* [PROBLEM TO SOLVE] For each line below that includes the word "arguments", make a copy.
********
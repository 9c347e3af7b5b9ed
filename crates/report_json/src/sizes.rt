//! How large terms are.

use cranelift_isle::lower::Lowered;
use report_names::names::NameTables;
use report_ways::term_sizes::{TermSize, sizes};
use std::alloc::{AllocError, Global};
use text_json::Json;

/// Adds the sizes of terms with rules, the one with most rules first.
pub(crate) fn push_sizes(
    alloc: Global,
    json: &mut Json,
    lowered: &Lowered,
) -> Result<(), AllocError> {
    let names = NameTables {
        tyenv: &lowered.tyenv,
        terms: &lowered.termenv.terms,
    };
    json.begin_list_at("terms")?;
    for size in &sizes(alloc, lowered)? {
        push_size(json, names, size)?;
    }
    json.end()
}

fn push_size(json: &mut Json, names: NameTables<'_>, size: &TermSize) -> Result<(), AllocError> {
    json.begin_object()?;
    json.key_string("name", names.term(size.term))?;
    json.key_number("rules", size.rules)?;
    json.key_number("sites", size.sites)?;
    json.key_number("tests", size.tree.tests as usize)?;
    json.key_number("arms", size.tree.arms as usize)?;
    json.key_number("returns", size.tree.returns as usize)?;
    json.key_number("depth", size.tree.depth as usize)?;
    json.end()
}
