//! Places in files: where they begin, and where what stands there ends.

use cranelift_isle::syntax::{Files, Pos};
use report_names::extents::end_of_form;
use report_print::lines::{FileLines, file_name, file_text};
use std::alloc::{AllocError, Global};
use text_json::Json;

/// The places of files.
pub struct LinePlaces<'a> {
    lines: FileLines<'a>,
}

impl<'a> Drop for LinePlaces<'a> {
    fn drop(self) {
        let LinePlaces { lines: _ } = self;
    }
}

impl<'a> LinePlaces<'a> {
    /// The places of some files.
    pub fn new(alloc: Global, files: &'a Files) -> Result<LinePlaces<'a>, AllocError> {
        let lines = FileLines::new(alloc, files)?;
        Ok(LinePlaces { lines })
    }

    // The files that have the places.
    pub(crate) fn files(&self) -> &Files {
        self.lines.files()
    }

    // Adds the line, the column and the offset of a place.
    fn push_point(&self, json: &mut Json, pos: Pos) -> Result<(), AllocError> {
        let place = self.lines.place(pos);
        json.key_number("line", place.line)?;
        json.key_number("column", place.column)?;
        json.key_number("offset", pos.offset)
    }

    /// Adds a place: its file, its line, column and offset, and where the form ends that begins there.
    pub fn push_place(&self, json: &mut Json, pos: Pos) -> Result<(), AllocError> {
        let files = self.files();
        json.key_string("file", file_name(files, pos.file))?;
        self.push_point(json, pos)?;
        let offset = end_of_form(file_text(files, pos.file), pos.offset);
        json.begin_object_at("end")?;
        let file = pos.file;
        self.push_point(json, Pos { file, offset })?;
        json.end()
    }
}
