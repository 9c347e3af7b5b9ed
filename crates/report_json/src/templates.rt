//! Templates of internal extractors: patterns as they are written, with places for the arguments.

use cranelift_isle::syntax::Pattern;
use std::alloc::AllocError;
use text_json::Json;

/// Adds a template.
#[cycle(templates)]
pub(crate) fn push_template(json: &mut Json, pattern: &Pattern) -> Result<(), AllocError> {
    json.begin_object()?;
    match pattern {
        Pattern::BindPattern { var, subpat, .. } => {
            push_called(json, "bind", &var.0)?;
            json.key("pattern")?;
            push_template(json, subpat)?;
        }
        Pattern::Term { sym, args, .. } => {
            push_called(json, "term", &sym.0)?;
            push_templates(json, "arguments", args)?;
        }
        Pattern::And { subpats, .. } => {
            json.key_string("kind", "and")?;
            push_templates(json, "patterns", subpats)?;
        }
        _ => push_leaf(json, pattern)?,
    }
    json.end()
}

#[cycle(templates)]
fn push_templates(json: &mut Json, key: &str, patterns: &[Pattern]) -> Result<(), AllocError> {
    json.begin_list_at(key)?;
    for pattern in patterns {
        push_template(json, pattern)?;
    }
    json.end()
}

// Adds what a template without parts is.
fn push_leaf(json: &mut Json, pattern: &Pattern) -> Result<(), AllocError> {
    match pattern {
        Pattern::MacroArg { index, .. } => {
            json.key_string("kind", "argument")?;
            json.key_number("index", *index)
        }
        Pattern::Var { var, pos: _ } => push_called(json, "variable", &var.0),
        Pattern::ConstPrim { val, pos: _ } => push_called(json, "constant", &val.0),
        Pattern::ConstBool { val, pos: _ } => {
            json.key_string("kind", "bool")?;
            json.key_flag("value", *val)
        }
        Pattern::ConstInt { val, pos: _ } => {
            json.key_string("kind", "int")?;
            json.key_digits("value", *val)
        }
        Pattern::Wildcard { .. } => json.key_string("kind", "any"),
        Pattern::BindPattern { .. } | Pattern::Term { .. } | Pattern::And { .. } => Ok(()),
    }
}

fn push_called(json: &mut Json, kind: &str, name: &str) -> Result<(), AllocError> {
    json.key_string("kind", kind)?;
    json.key_string("name", name)
}
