//! Typed patterns.

use crate::sites::{push_bool, push_int, push_named};
use cranelift_isle::sema::{Pattern, TypeId};
use report_names::names::NameTables;
use std::alloc::AllocError;
use text_json::Json;

/// Adds a typed pattern.
#[cycle(patterns)]
pub(crate) fn push_pattern(
    json: &mut Json,
    names: NameTables<'_>,
    pattern: &Pattern,
) -> Result<(), AllocError> {
    json.begin_object()?;
    match pattern {
        Pattern::BindPattern(ty, variable, inner) => {
            push_typed(json, names, "bind", *ty)?;
            json.key_number("variable", variable.index())?;
            json.key("pattern")?;
            push_pattern(json, names, inner)?;
        }
        Pattern::Term(ty, term, parts) => {
            push_typed(json, names, "term", *ty)?;
            json.key_string("name", names.term(*term))?;
            push_patterns(json, names, "arguments", parts)?;
        }
        Pattern::And(ty, parts) => {
            push_typed(json, names, "and", *ty)?;
            push_patterns(json, names, "patterns", parts)?;
        }
        _ => push_leaf(json, names, pattern)?,
    }
    json.end()
}

/// Adds typed patterns at a key.
#[cycle(patterns)]
pub(crate) fn push_patterns(
    json: &mut Json,
    names: NameTables<'_>,
    key: &str,
    patterns: &[Pattern],
) -> Result<(), AllocError> {
    json.begin_list_at(key)?;
    for pattern in patterns {
        push_pattern(json, names, pattern)?;
    }
    json.end()
}

// Adds what a pattern without parts is.
fn push_leaf(json: &mut Json, names: NameTables<'_>, pattern: &Pattern) -> Result<(), AllocError> {
    match pattern {
        Pattern::Var(ty, variable) => {
            push_typed(json, names, "variable", *ty)?;
            json.key_number("variable", variable.index())
        }
        Pattern::ConstBool(ty, value) => push_bool(json, names, *value, *ty),
        Pattern::ConstInt(ty, value) => push_int(json, names, *value, *ty),
        Pattern::ConstPrim(ty, name) => {
            push_named(json, "constant", names.sym(*name))?;
            json.key_string("type", names.ty(*ty))
        }
        Pattern::Wildcard(ty) => push_typed(json, names, "any", *ty),
        Pattern::BindPattern(..) | Pattern::Term(..) | Pattern::And(..) => Ok(()),
    }
}

/// Adds a kind and a type.
pub(crate) fn push_typed(
    json: &mut Json,
    names: NameTables<'_>,
    kind: &str,
    ty: TypeId,
) -> Result<(), AllocError> {
    json.key_string("kind", kind)?;
    json.key_string("type", names.ty(ty))
}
********
* [OUTPUT BELOW]
//! Templates of internal extractors: patterns as they are written, with places for the arguments.
            push_templates(json, "arguments", args)?;
            push_patterns(json, names, "arguments", parts)?;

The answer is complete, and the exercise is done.